I don't know what happened in Salisbury England on March 4th, but it appears that the British government doesn't know either. Prime Minister Theresa May's speech before Parliament last Monday was essentially political, reflecting demands that she should "do something" in response to the mounting hysteria over the poisoning of former Russian double agent Sergei Skripal and his daughter Yulia. After May's presentation there were demands from Parliamentarians for harsh measures against Russia, reminiscent of the calls for action emanating from the U.S. Congress over the allegations relating to what has been called Russiagate.
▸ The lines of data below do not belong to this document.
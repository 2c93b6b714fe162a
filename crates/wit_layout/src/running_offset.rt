//! A place that goes along the fields of a record.

ghost use Rattle.wit_layout.specs.inside.Spread.{IsSize};

use crate::spread::Spread;

/// How far a record's fields have been gone along: so many of them lie behind, and there they end.
#[derive(Clone, Copy, Debug)]
pub struct RunningOffset {
    pub(crate) nth: usize,
    pub(crate) end: Spread,
    ghost is_size: { IsSize end },
}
This demand to take action led to a second Parliamentary address by May on Wednesday in which she detailed the British response to the incident, which included cutting off all high-level contacts between Moscow and London and the "persona non grata" (PNG) expulsion of 23 "spies" and intelligence officers working out of the Russian Federation Embassy. The expulsions will no doubt produce a tit-for-tat PNG from Moscow, ironically crippling or even eliminating the MI-6 presence and considerably reducing Britain's own ability to understand what it going on in the Kremlin.
May, who referred to a "Russian mafia state," has blamed Moscow for the attack even though she made plain in her first speech that the investigation was still underway. In both her presentations, she addressed the issue of motive by citing her belief that the attempted assassination conforms with an established pattern of Russian behavior. She did not consider that Vladimir Putin's government would have no good reason to carry out an assassination that surely would be attributed to it, particularly as it was on the verge of national elections and also, more important, because it will be hosting the World Cup later this year and will be highly sensitive to threats of boycott. And it must be observed that Skripal posed no active threat to the Russian government. He has been living quietly in Britain for eight years, leading to wild tabloid press speculation that the Kremlin's motive must have been to warn potential traitors that there are always consequences, even years later and in a far-off land.
To provide additional buttressing of what is a questionable thesis, the case of the assassination of Alexander Litvinenko in London in 2006 has been repeatedly cited by the media on both sides of the Atlantic as evidence of Russian turpitude, but the backstory is not the same. Litvinenko was an FSB officer who fled to the United Kingdom to avoid prosecution in Russia. In Britain, he became a whistleblower and author, exposing numerous alleged Russian government misdeeds. Would the Kremlin have been motivated to kill him? He was seen as a traitor and a continuing threat through his books and speeches, so it is certainly possible. The story of Skripal was, however, completely different. He was a double agent working for Britain who was arrested and imprisoned in 2006. He was released and traveled to the UK after a 2010 spy swap was arranged by Washington and his daughter has been able to travel freely from Moscow to visit him. If the Russian government had wanted to kill him, they could have easily done so while he was in prison, or they could have punished him by taking steps against his daughter.
There are a number of problems with the accepted narrative as presented by May and the media. Merriam-Webster dictionary defines a nerve agent as "usually odorless organophosphate (such as sarin, tabun, or VX) that disrupts the transmission of nerve impulses by inhibiting cholinesterase and especially acetylcholinesterase and is used as a chemical weapon in gaseous or liquid form," while Wikipedia explains that it is "a class of organic chemicals that disrupt the mechanisms by which nerves transfer messages to organs." A little more research online reveals that most so-called nerve agents are chemically related. So when Theresa May says that the alleged agent used against the Skripals as being "of a type" associated with a reported Russian-developed chemical weapon called Novichok that was produced in the 1970s and 1980s, she is actually conceding that her own chemical weapons laboratories at Porton Down are, to a certain, extent, guessing at the provenance and characteristics of the actual agent that might or might not have been used in Salisbury.